[Stored items]
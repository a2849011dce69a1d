//! Revocation lists (RFC 5280 section 5) with HSS/LMS signatures (RFC 8708).

ghost use Rattle.std.specs.Prelude.{◌≡◌, None, Some, ℕ, List, IfOk, IfErr, IsOkAnd, OnOk};
ghost use Rattle.sz_der.specs.Spots.{at};
ghost use Rattle.sz_x509.specs.CrlFault.{crl_fault};
ghost use Rattle.sz_x509.specs.CrlPlaces.{CrlAt};
ghost use Rattle.sz_x509.specs.RevocationList.{AreEntries, CrlOf, is_listed, RevocationList};
ghost use Rattle.sz_x509.specs.CrlView.{list_view};

use crate::entries::take_serial;
use crate::parts::{take_algorithm, take_octets};
use crate::tbs_list::read_list;
use crate::{CertFault, CertKind};
use sz_base::Seconds;
use sz_der::DerReader;
use sz_der::parts::{expect_end, open_part, parts_of, take_part};
use sz_der::tag::SEQUENCE;

/// A revocation list. Its parts are slices of the bytes that it was read from.
#[derive(Clone, Copy, Debug, PartialEq, Eq)]
pub struct Crl<'a> {
    /// The whole list.
    pub whole: &'a [u8],
    /// TBSCertList, which the signature covers, as a whole item.
    pub tbs: &'a [u8],
    /// The issuer's name, as a whole item.
    pub issuer: &'a [u8],
    /// When the list was issued.
    pub this_update: Seconds,
    /// When the next one will be issued at the latest.
    pub next_update: Option<Seconds>,
    /// The entries, one item after another.
    pub entries: &'a [u8],
    /// The HSS signature.
    pub signature: &'a [u8],
}

impl<'a> Crl<'a> {
    /// The revocation list that the bytes are, from the first to the last of them. Takes no memory. A fault is that of
    /// the first item in the order of the bytes at which no list continues, with the place of its tag.
    pub fn read(bytes: &'a [u8]) -> Result<Self, CertFault>
        ensures ok { IfOk result (λ list. CrlOf bytes.entry.now (list_view list)) }
        ensures only { (fields : RevocationList) → CrlOf bytes.entry.now fields
            → IsOkAnd result (λ list. list_view list ≡ fields) }
        ensures no_fault { OnOk result (crl_fault bytes.entry.now ≡ None) }
        ensures fault { IfErr result (λ fault. crl_fault bytes.entry.now ≡ Some (at fault)) }
    {
        read_parts(bytes)
    }

    /// An entry has this serial number, as the octets of its INTEGER. Takes no memory.
    pub fn lists(&self, serial: &[u8]) -> bool
        ensures { (serials : List (List ℕ)) → AreEntries serials self.now.entries.now
            → result ≡ is_listed serial.now serials }
    {
        let mut reader = DerReader::over(self.entries);
        while !reader.is_at_end() {
            match take_serial(&mut reader) {
                Ok(other) if other == serial => return true,
                Ok(_) => {}
                Err(_) => return false,
            }
        }
        false
    }
}

// Reads each part at its place.
fn read_parts(bytes: &[u8]) -> Result<Crl<'_>, CertFault>
    ensures ok { OnOk result (crl_fault bytes.now ≡ None) }
    ensures fields { IfOk result (λ list. CrlAt bytes.now (list_view list)) }
    ensures fault { IfErr result (λ fault. crl_fault bytes.now ≡ Some (at fault)) }
{
    let mut outer = DerReader::over(bytes);
    let mut parts = open_part(&mut outer, SEQUENCE, CertKind::Der)?;
    let tbs = take_part(&mut parts, SEQUENCE, CertKind::Der)?;
    let fields = read_list(&parts_of(&tbs))?;
    take_algorithm(&mut parts)?;
    let (_, signature) = take_octets(&mut parts, CertKind::Der)?;
    expect_end(&parts, CertKind::Der)?;
    expect_end(&outer, CertKind::Der)?;
    Ok(Crl {
        whole: bytes,
        tbs: tbs.whole,
        issuer: fields.issuer,
        this_update: fields.this_update,
        next_update: fields.next_update,
        entries: fields.entries,
        signature,
    })
}
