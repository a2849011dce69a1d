//! A bag that is full, sets of places, and searches over strings that are no certificates.

use std::test::Fail;
use sz_base::Seconds;
use sz_chain::{
    Bag, BagFull, CrlBag, MOST_CERTS, MOST_PLACES, NoChain, Place, PlaceSet, Places, Test,
    find_chain, places_of, select, select_verifying,
};
use sz_cms::Covered;

#[test]
fn a_full_bag_stays(rt: HostRuntime) {
    let mut bag = Bag::create();
    for _ in 0..MOST_CERTS {
        assert!(rt; bag.add(b"no certificate") == Ok(()));
    }
    assert!(rt; bag.add(b"one too many") == Err(BagFull));
    assert!(rt; bag.as_slice().len() == 32);
}

struct Anchors;

impl Test for Anchors {
    ghost use Rattle.std.specs.Prelude.{IsTrue};

    ghost holds = { λ test place. IsTrue place.is_anchor };

    fn passes(&self, place: &Place<'_>) -> bool {
        place.is_anchor
    }
}

// As many places as there can be, of which these are anchors.
fn places_with(anchors: &[usize]) -> Places<'static> {
    let mut places = Places::from([Place::default(); MOST_PLACES]);
    for (at, place) in places.iter_mut().enumerate() {
        place.is_anchor = anchors.contains(&at);
    }
    places
}

// A chain of one certificate leads up to an anchor where the anchor is in the set.
fn has(set: PlaceSet, place: usize) -> bool {
    find_chain(&places_with(&[place]), set, None, Seconds(0)).is_ok()
}

#[test]
fn sets_of_places(rt: HostRuntime) {
    let set = select(&places_with(&[0, 63]), &Anchors);
    let both = set.or(select(&places_with(&[5]), &Anchors));
    for (place, is_in) in [(0, true), (1, false), (5, true), (62, false), (63, true)] {
        assert!(rt; has(both, place) == is_in);
    }
    assert!(rt; PlaceSet::empty().is_empty());
    assert!(rt; !set.is_empty());
}

#[test]
fn no_certificate_is_at_no_place(rt: HostRuntime) -> Result<(), Fail> {
    let mut bag = Bag::create();
    bag.add(b"no certificate")?;
    let places = places_of(&Bag::create(), &bag);
    assert!(rt; places.is_empty());
    let all = select(&places, &Anchors);
    assert!(rt; all.is_empty());
    let covered = Covered {
        first: None,
        rest: b"message",
    };
    assert!(rt; select_verifying(&places, all, &covered, b"signature").is_empty());
    for crls in [None, Some(&CrlBag::create())] {
        assert!(rt; find_chain(&places, all, crls, Seconds(0)) == Err(NoChain::Path));
    }
    Ok(())
}
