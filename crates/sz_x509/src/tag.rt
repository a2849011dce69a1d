//! The tags of the parts of a certificate that need not be there (RFC 5280 section 4.1).

use sz_der::tag::{CONTEXT_CONSTRUCTED, CONTEXT_PRIMITIVE};

/// issuerUniqueID, `[1]`.
pub const ISSUER_UNIQUE_ID: u8 = CONTEXT_PRIMITIVE + 1;
/// subjectUniqueID, `[2]`.
pub const SUBJECT_UNIQUE_ID: u8 = CONTEXT_PRIMITIVE + 2;
/// The extensions, `[3]`.
pub const EXTENSIONS: u8 = CONTEXT_CONSTRUCTED + 3;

* Instructions to follow
Each record should be returned precisely as written.

* Solution
repository a2849011dce69a1d
//! Revocation lists (RFC 5280 section 5) with HSS/LMS signatures (RFC 8708).

ghost use Rattle.std.specs.Prelude.{◌≡◌, None, Some, ℕ, List, IfOk, IfErr, IsOkAnd, OnOk};
ghost use Rattle.sz_der.specs.Spots.{at};
ghost use Rattle.sz_x509.specs.CrlFault.{crl_fault};
ghost use Rattle.sz_x509.specs.CrlPlaces.{CrlAt};
ghost use Rattle.sz_x509.specs.RevocationList.{AreEntries, CrlOf, is_listed, RevocationList};
ghost use Rattle.sz_x509.specs.CrlView.{list_view};

use crate::entries::take_serial;
use crate::parts::{take_algorithm, take_octets};
use crate::tbs_list::read_list;
use crate::{CertFault, CertKind};
use sz_base::Seconds;
use sz_der::DerReader;
use sz_der::parts::{expect_end, open_part, parts_of, take_part};
use sz_der::tag::SEQUENCE;

/// A revocation list. Its parts are slices of the bytes that it was read from.
#[derive(Clone, Copy, Debug, PartialEq, Eq)]
pub struct Crl<'a> {
    /// The whole list.
    pub whole: &'a [u8],
    /// TBSCertList, which the signature covers, as a whole item.
    pub tbs: &'a [u8],
    /// The issuer's name, as a whole item.
    pub issuer: &'a [u8],
    /// When the list was issued.
    pub this_update: Seconds,
    /// When the next one will be issued at the latest.
    pub next_update: Option<Seconds>,
    /// The entries, one item after another.
    pub entries: &'a [u8],
    /// The HSS signature.
    pub signature: &'a [u8],
}

impl<'a> Crl<'a> {
    /// The revocation list that the bytes are, from the first to the last of them. Takes no memory. A fault is that of
    /// the first item in the order of the bytes at which no list continues, with the place of its tag.
    pub fn read(bytes: &'a [u8]) -> Result<Self, CertFault>
        ensures ok { IfOk result (λ list. CrlOf bytes.entry.now (list_view list)) }
        ensures only { (fields : RevocationList) → CrlOf bytes.entry.now fields
            → IsOkAnd result (λ list. list_view list ≡ fields) }
        ensures no_fault { OnOk result (crl_fault bytes.entry.now ≡ None) }
        ensures fault { IfErr result (λ fault. crl_fault bytes.entry.now ≡ Some (at fault)) }
    {
        read_parts(bytes)
    }

    /// An entry has this serial number, as the octets of its INTEGER. Takes no memory.
    pub fn lists(&self, serial: &[u8]) -> bool
        ensures { (serials : List (List ℕ)) → AreEntries serials self.now.entries.now
            → result ≡ is_listed serial.now serials }
    {
        let mut reader = DerReader::over(self.entries);
        while !reader.is_at_end() {
            match take_serial(&mut reader) {
                Ok(other) if other == serial => return true,
                Ok(_) => {}
                Err(_) => return false,
            }
        }
        false
    }
}

// Reads each part at its place.
fn read_parts(bytes: &[u8]) -> Result<Crl<'_>, CertFault>
    ensures ok { OnOk result (crl_fault bytes.now ≡ None) }
    ensures fields { IfOk result (λ list. CrlAt bytes.now (list_view list)) }
    ensures fault { IfErr result (λ fault. crl_fault bytes.now ≡ Some (at fault)) }
{
    let mut outer = DerReader::over(bytes);
    let mut parts = open_part(&mut outer, SEQUENCE, CertKind::Der)?;
    let tbs = take_part(&mut parts, SEQUENCE, CertKind::Der)?;
    let fields = read_list(&parts_of(&tbs))?;
    take_algorithm(&mut parts)?;
    let (_, signature) = take_octets(&mut parts, CertKind::Der)?;
    expect_end(&parts, CertKind::Der)?;
    expect_end(&outer, CertKind::Der)?;
    Ok(Crl {
        whole: bytes,
        tbs: tbs.whole,
        issuer: fields.issuer,
        this_update: fields.this_update,
        next_update: fields.next_update,
        entries: fields.entries,
        signature,
    })
}
repository a2849011dce69a1d
//! A bag that is full, sets of places, and searches over strings that are no certificates.

use std::test::Fail;
use sz_base::Seconds;
use sz_chain::{
    Bag, BagFull, CrlBag, MOST_CERTS, MOST_PLACES, NoChain, Place, PlaceSet, Places, Test,
    find_chain, places_of, select, select_verifying,
};
use sz_cms::Covered;

#[test]
fn a_full_bag_stays(rt: HostRuntime) {
    let mut bag = Bag::create();
    for _ in 0..MOST_CERTS {
        assert!(rt; bag.add(b"no certificate") == Ok(()));
    }
    assert!(rt; bag.add(b"one too many") == Err(BagFull));
    assert!(rt; bag.as_slice().len() == 32);
}

struct Anchors;

impl Test for Anchors {
    ghost use Rattle.std.specs.Prelude.{IsTrue};

    ghost holds = { λ test place. IsTrue place.is_anchor };

    fn passes(&self, place: &Place<'_>) -> bool {
        place.is_anchor
    }
}

// As many places as there can be, of which these are anchors.
fn places_with(anchors: &[usize]) -> Places<'static> {
    let mut places = Places::from([Place::default(); MOST_PLACES]);
    for (at, place) in places.iter_mut().enumerate() {
        place.is_anchor = anchors.contains(&at);
    }
    places
}

// A chain of one certificate leads up to an anchor where the anchor is in the set.
fn has(set: PlaceSet, place: usize) -> bool {
    find_chain(&places_with(&[place]), set, None, Seconds(0)).is_ok()
}

#[test]
fn sets_of_places(rt: HostRuntime) {
    let set = select(&places_with(&[0, 63]), &Anchors);
    let both = set.or(select(&places_with(&[5]), &Anchors));
    for (place, is_in) in [(0, true), (1, false), (5, true), (62, false), (63, true)] {
        assert!(rt; has(both, place) == is_in);
    }
    assert!(rt; PlaceSet::empty().is_empty());
    assert!(rt; !set.is_empty());
}

#[test]
fn no_certificate_is_at_no_place(rt: HostRuntime) -> Result<(), Fail> {
    let mut bag = Bag::create();
    bag.add(b"no certificate")?;
    let places = places_of(&Bag::create(), &bag);
    assert!(rt; places.is_empty());
    let all = select(&places, &Anchors);
    assert!(rt; all.is_empty());
    let covered = Covered {
        first: None,
        rest: b"message",
    };
    assert!(rt; select_verifying(&places, all, &covered, b"signature").is_empty());
    for crls in [None, Some(&CrlBag::create())] {
        assert!(rt; find_chain(&places, all, crls, Seconds(0)) == Err(NoChain::Path));
    }
    Ok(())
}
filename crates/sz_x509/src/tag.rt
repository a2849011dce69a1d
//! The tags of the parts of a certificate that need not be there (RFC 5280 section 4.1).

use sz_der::tag::{CONTEXT_CONSTRUCTED, CONTEXT_PRIMITIVE};

/// issuerUniqueID, `[1]`.
pub const ISSUER_UNIQUE_ID: u8 = CONTEXT_PRIMITIVE + 1;
/// subjectUniqueID, `[2]`.
pub const SUBJECT_UNIQUE_ID: u8 = CONTEXT_PRIMITIVE + 2;
/// The extensions, `[3]`.
pub const EXTENSIONS: u8 = CONTEXT_CONSTRUCTED + 3;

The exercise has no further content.